British national dies in Kabul gun attack
The shooting of a British development worker in a night-time attack in downtown Kabul has ended a month long lull in violent incidents in the Afghan capital.
Steven Blair MacQueen, aged 41, who worked as an adviser to Afghanistan’s rural development ministry, was killed as he drove a pickup truck through Kabul yesterday.
The attack happened in front of the main guest house for UN workers in Kabul and the Dutch Embassy, General Sher Agha, a Kabul police commander, said.
The British Embassy confirmed the incident, and said Mr MacQueen’s next of kin had been informed and were being provided consular assistance. The motive for the shooting was unclear.
Since holding its first direct presidential elections in October, Afghanistan has enjoyed a period of relative calm, marked by a decline in attacks by Taliban and al-Qaida insurgents that have plagued restive areas of the south and east.
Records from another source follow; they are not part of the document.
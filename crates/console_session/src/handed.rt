// A command that was handed over.
ghost use Rattle.std.specs.Prelude.{◌≡◌};
ghost use Rattle.cmd_buffer.specs.Words.{words_of};

use cmd_buffer::{CommandText, Words, tokenize};
use std::marker::Model;

/// A command that the console doesn't know, handed over by it. Contracts see it as its text.
#[derive(Debug, Drop)]
pub struct HandedCommand {
    text: CommandText,
}

impl Model for HandedCommand {
    ghost use Rattle.std.specs.Prelude.{List, ℕ};

    ghost Value = { List ℕ };

    ghost view = { λ c. c.text.items };
}

impl HandedCommand {
    // A command of this text.
    pub(crate) fn copied(text: &CommandText) -> HandedCommand
        ensures { result ≡ text.now.items }
    {
        let mut copy = CommandText::new();
        copy.try_extend_from_slice(text.as_slice()).unwrap();
        HandedCommand { text: copy }
    }

    /// The text.
    pub fn text(&self) -> &[u8]
        ensures { result.now ≡ self.now }
    {
        self.text.as_slice()
    }

    /// The words of the text.
    pub fn words(&self) -> Words<'_>
        ensures { result ≡ words_of self.now }
    {
        tokenize(&self.text)
    }
}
But in November, three foreign election workers were kidnapped in Kabul by a Taliban splinter group. They were released unharmed a month later.
In December, a Turkish engineer working on a US-sponsored road project was kidnapped and killed by unidentified kidnappers in eastern Kunar province.
Although the three years since the ousting of the Taliban has seen numerous attacks on aid workers in the countryside, there have been few attacks against foreigners in the capital, which is patrolled by thousands of NATO peacekeepers.
The bloodiest incidents targeting foreigners in the past year were a car bomb explosion in August outside the office of a US security company that provides bodyguards for President Hamid Karzai, killing about 10 people.
In October, a suicide attacker killed an American translator and an Afghan girl on a market street popular with foreigners by detonating grenades attached to his own body.